# Alcan Highway



## scott_rn (Sep 11, 2007)

This post is a little late, mostly because it took me a few weeks to get the internet hooked up once I got up to Alaska.

My brother-in-law and I started out August 22 doing the drive up the Alcan highway. 3,000 miles over four days and had four days for him to see as much of Alaska as he could.
Had to put a cheesy sign on the back of the traveling circus.









Canadian Rockies









Our campsite on the side of the highway in the Canadian Rockies:









The other side of our campsite on the side of the highway in the Canadian Rockies:









Some wildlife:









A reminder to drive safely - no one was there when we arrived at the scene. The airbags were deployed and the front of the van was destroyed. Hopefully they made it out of there in good shape.









Strange Canadians:









Are we back in the US yet?









Once there, we fished:









and fished









What kind of idiot hikes four miles in wading boots with no waders? This idiot.

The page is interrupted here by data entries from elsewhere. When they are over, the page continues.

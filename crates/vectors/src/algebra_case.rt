//! Cases of the algebra, in prefix form.
//!
//! A case is a list of tokens parted by single spaces. Each item is a word and then its parts:
//!
//! - a field is `=` and a text, or `x` and its bytes in hexadecimal
//! - a term is `<IRI>`, `"form"`, `"form"@tag`, `"form"^^<IRI>` or `"form"^^xsd:name`, without space and
//!   escape; or `iri FIELD`, `literal FORM DATATYPE TAG` (an empty tag is none), `blank DOCUMENT NUMBER`
//! - a spot is a term, or `?N` for the variable number N
//! - `triple TERM TERM TERM` is a triple of the graph, `pattern SPOT SPOT SPOT` a triple pattern
//! - an expression is `$N` for a variable, `const TERM`, `or.N E ..` and `and.N E ..` of N parts, `not E`,
//!   `eq`, `ne`, `lt`, `le`, `gt`, `ge` or `same` and two of them, `sum.SIGNS E ..` with one sign, `+` or `-`,
//!   for each operand after the first, `plus E`, `minus E`, `bound.N`, or `str`, `lang`, `datatype`, `isIRI`,
//!   `isBlank`, `isLiteral` and one
//! - the body is `bgp.N PATTERN ..` of N patterns, `join BODY BODY`, `union BODY BODY`, `filter E BODY`,
//!   or `optional BODY BODY E`
//! - the rest of the query is `name FIELD` for each name, `width.N`, `select.N` for each selected variable,
//!   `distinct`, and `asc E` or `desc E` for each key
//!
//! A token `|` parts groups for the reader and means nothing. The tokens are read from the last to
//! the first, so that the parts of a word are there when it comes.

use crate::cases::bytes;
use algebra_core::{Algebra, Key, Query};
use expr_eval::{CompareOp, Expr, Function, Sign};
use rdf_terms::{Boxed, Memory, Seq, Term, TextBuf, Triple};
use rows_core::{Spot, TriplePattern};
use std::alloc::{AllocError, AllocFailed, Global};

const STRING: &str = "http://www.w3.org/2001/XMLSchema#string";

const LANG_STRING: &str = "http://www.w3.org/1999/02/22-rdf-syntax-ns#langString";

/// Why a line has no answer.
#[derive(Debug, Drop)]
pub enum Fault {
    NoCase,
    Memory,
}

impl From<Memory> for Fault {
    fn from(_: Memory) -> Self {
        Fault::Memory
    }
}

impl From<AllocError> for Fault {
    fn from(_: AllocError) -> Self {
        Fault::Memory
    }
}

impl<T: Drop> From<AllocFailed<T>> for Fault {
    fn from(_: AllocFailed<T>) -> Self {
        Fault::Memory
    }
}

/// A query and the triples that it is asked over.
#[derive(Debug, Drop)]
pub struct Case {
    pub query: Query,
    pub triples: Vec<Triple>,
}

/// The items that were read, the first of the line last.
#[derive(Drop)]
struct Stack {
    alloc: Global,
    fields: Vec<String>,
    spots: Vec<Spot>,
    exprs: Vec<Expr>,
    patterns: Vec<TriplePattern>,
    bodies: Vec<Algebra>,
    triples: Vec<Triple>,
    names: Vec<TextBuf>,
    select: Vec<u16>,
    keys: Vec<Key>,
    width: u16,
    distinct: bool,
}

fn pop<T: Drop>(items: &mut Vec<T>) -> Result<T, Fault> {
    match items.pop() {
        Some(item) => Ok(item),
        None => Err(Fault::NoCase),
    }
}

fn pop_all<T: Drop>(alloc: Global, items: &mut Vec<T>, count: u16) -> Result<Vec<T>, Fault> {
    let mut all = Vec::new(alloc);
    for _item in 0..count {
        all.push(pop(items)?)?;
    }
    Ok(all)
}

fn number(text: &str) -> Result<u16, Fault> {
    match text.parse::<u16>() {
        Ok(number) => Ok(number),
        Err(_) => Err(Fault::NoCase),
    }
}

I also waded wet in a glacier fed lake so that my brother-in-law could use my waders. Needless to say my feet got a little numb.

We got into some Alaskan grouse:









Hiked up to a glacier:









My brother-in-law got a little glimpse of Denali from over 200 miles away before he jumped on a plane to head back to Utah.

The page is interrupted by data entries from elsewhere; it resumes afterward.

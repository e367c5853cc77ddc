ghost use Rattle.std.specs.Prelude.{◌≡◌, IfOk, IsTrue, ◌↔◌};
ghost use Rattle.rdf_terms.specs.Order.{term_cmp};
ghost use Rattle.rdf_terms.specs.Same.{same_term};

use crate::{Memory, TextBuf};
use std::cmp::Ordering;

/// An RDF term (RDF 1.1 Concepts, section 3). Equality is by all parts.
///
/// The order is: blank nodes by document and number, IRIs by text, literals by datatype, tag and
/// lexical form; texts go by their bytes, and no tag comes before any tag. It is the order in which
/// variants and fields stand here, which the derives follow.
#[derive(Debug, Drop, PartialEq, Eq, PartialOrd, Ord, Hash)]
pub enum Term {
    /// A blank node: the link text of its document, and its number there.
    Blank {
        doc: TextBuf,
        n: u64,
    },
    /// An IRI, as written.
    Iri(TextBuf),
    /// A literal. Without a tag a simple one has the datatype `xsd:string`; with a tag it has
    /// `rdf:langString`.
    Literal {
        datatype: TextBuf,
        tag: Option<TextBuf>,
        lexical: TextBuf,
    },
}

fn copy_tag(tag: &Option<TextBuf>) -> Result<Option<TextBuf>, Memory>
    ensures { IfOk result (λ t. t ≡ tag.now) }
{
    match tag {
        None => Ok(None),
        Some(text) => Ok(Some(text.copy()?)),
    }
}

impl Term {
    /// The literal of these parts.
    pub fn literal(lexical: TextBuf, datatype: TextBuf, tag: Option<TextBuf>) -> Term
        ensures { result ≡ Term.Literal datatype tag lexical }
    {
        Term::Literal {
            datatype,
            tag,
            lexical,
        }
    }

    /// An equal term. Its texts are shared with this one.
    pub fn copy(&self) -> Result<Term, Memory>
        ensures { IfOk result (λ t. t ≡ self.now) }
    {
        match self {
            Term::Blank { doc, n } => Ok(Term::Blank {
                doc: doc.copy()?,
                n: *n,
            }),
            Term::Iri(text) => Ok(Term::Iri(text.copy()?)),
            Term::Literal {
                datatype,
                tag,
                lexical,
            } => Ok(Term::Literal {
                datatype: datatype.copy()?,
                tag: copy_tag(tag)?,
                lexical: lexical.copy()?,
            }),
        }
    }
}

/// Whether two terms are one. It is `==`, said of the values.
pub fn is_same_term(a: &Term, b: &Term) -> bool
    ensures test { result ≡ same_term a.now b.now }
    ensures same { IsTrue result ↔ (a.now ≡ b.now) }
{
    *a == *b
}

/// The order of two terms. It is `cmp`, said of the values.
pub fn order_of_terms(a: &Term, b: &Term) -> Ordering
    ensures { result ≡ term_cmp a.now b.now }
{
    a.cmp(b)
}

I've only lived in Alaska for about two and a half weeks - so far so good.


----------



## Huntoholic (Sep 17, 2008)

Glad you made safely. Looks like a trip that will not soon be forgotten. Thanks for the picture report.

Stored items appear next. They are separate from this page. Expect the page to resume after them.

ghost use Rattle.std.specs.Prelude.{◌≡◌, IfOk, bytes_eq};
ghost use Rattle.std.specs.String.{string_bytes};
ghost use Rattle.std.specs.Cmp.{partial_order_from_own_ties, partial_equiv_from_equiv};
ghost use Rattle.std.specs.Cmp.Rules.{comparing, hashing};
ghost use Rattle.std.specs.Hash as fed;
ghost use Rattle.std.specs.Cmp.Lexicographic.{slice_cmp, nat_list_eq_equiv};
ghost use Rattle.std.specs.Ordering.{nat_cmp, as_partial_cmp};
ghost use Rattle.std.proofs.Common.{rules};

use crate::Memory;
use std::alloc::Global;
use std::cmp::Ordering;
use std::hash::{Hash, Hasher};
use std::marker::Model;
use std::sync::ArcStr;

/// A text in UTF-8 that contracts see as the list of its bytes.
///
/// The bytes are shared and counted: a `copy` costs no memory and no time that depends on the
/// length, and texts may cross threads.
#[derive(Debug, Drop)]
pub struct TextBuf {
    text: ArcStr<Global>,
}

impl Model for TextBuf {
    ghost use Rattle.std.specs.Prelude.{List, ℕ};
    ghost use Rattle.std.specs.Arc.{arc_str_bytes};

    ghost Value = { List ℕ };

    ghost view = { λ t. arc_str_bytes t.text };
}

impl TextBuf {
    /// The same text, in memory of its own.
    pub fn from_str(alloc: Global, text: &str) -> Result<TextBuf, Memory>
        ensures { IfOk result (λ t. t ≡ text.now) }
    {
        Ok(TextBuf {
            text: ArcStr::from_str(alloc, text)?,
        })
    }

    /// The same text. The `String`'s spare room is kept with it.
    pub fn from_string(text: String) -> Result<TextBuf, Memory>
        ensures { IfOk result (λ t. t ≡ string_bytes text) }
    {
        Ok(TextBuf {
            text: ArcStr::from_string(text)?,
        })
    }

    /// The text itself, lent.
    pub fn as_str(&self) -> &str
        ensures { result.now ≡ self.now }
    {
        self.text.as_str()
    }

    /// An equal text, which shares its bytes with this one.
    pub fn copy(&self) -> Result<TextBuf, Memory>
        ensures { IfOk result (λ t. t ≡ self.now) }
    {
        Ok(TextBuf {
            text: self.text.clone()?,
        })
    }
}

impl PartialEq for TextBuf {
    ghost eq = { bytes_eq };

    ghost laws = { partial_equiv_from_equiv nat_list_eq_equiv };

    fn eq(&self, other: &TextBuf) -> bool {
        self.text == other.text
    }
}

impl Eq for TextBuf {
    ghost laws = { nat_list_eq_equiv };
}

impl Ord for TextBuf {
    ghost cmp = { slice_cmp nat_cmp };

    ghost total = { Prim.search (comparing, rules) };

    ghost matches_partial_cmp = { Prim.search (comparing, rules) };

    ghost matches_eq = { Prim.search (comparing, rules) };

    fn cmp(&self, other: &TextBuf) -> Ordering {
        self.text.cmp(&other.text)
    }
}

impl PartialOrd for TextBuf {
    ghost partial_cmp = { as_partial_cmp (slice_cmp nat_cmp) };

    ghost laws = { partial_order_from_own_ties (Prim.search (comparing, rules)) (Prim.search (comparing, rules)) };

    fn partial_cmp(&self, other: &TextBuf) -> Option<Ordering> {
        Some(self.cmp(other))
    }
}

impl Hash for TextBuf {
    ghost hash_input = { fed.str };

    ghost respects_eq = { Prim.search (hashing, rules) };

    fn hash<H: Hasher>(&self, state: &mut H) {
        self.text.as_str().hash(state);
    }
}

Good luck and keep us all up to date as you live a dream.


----------



## orvis1 (Sep 7, 2007)

Epic trip!


----------



## coolgunnings (Sep 8, 2007)

That looks like an awesome trip.


----------



## Petersen (Sep 7, 2007)

scott_rn said:


> I've only lived in Alaska for about two and a half weeks - so far so good.


Just wait until the dark season arrives in a couple of months. :wink:

I've always wanted to drive the Alcan Highway (ride it on a motorcycle, actually), but never have. I've got to admit to being a little envious.


----------



## longbow (Mar 31, 2009)

My wife and I drove a motorhome from Preston Idaho to Anchorage in five days. I can't count how many times I said WOW on that trip. Southern Alberta was the first time I've seen a place so flat. You could watch your dog run away for two days. Dall sheep and caribou in NW. Yukon had the most breathtaking mountains and graciers I'd ever seen. What a trip!!!!
The RV dealer in Anchorage let us drive the motorhome down the Keanai to Homer, Seward and Soldotna for a few days before we delivered it to him and he flew us home.


----------



## scott_rn (Sep 11, 2007)

Petersen said:


> I've always wanted to drive the Alcan Highway (ride it on a motorcycle, actually), but never have. I've got to admit to being a little envious.


If/when you do it make sure you pick up a copy of the milepost. It's a great guide for doing the drive including cool stuff to see/do along the way.

Longbow - I'll bet that trip was a blast. But I can't imagine what the gas bill was, some of those little gas stations in Canada were about $1.50 a liter :shock: I didn't think I'd be paying $5 a gallon again that soon.


----------



## longbow (Mar 31, 2009)

The RV dealer paid for three couples to shuttle three repossesed motorhomes up to Anchrage and then he flew us back home...all free! I think I spent $500 total on the trip.


----------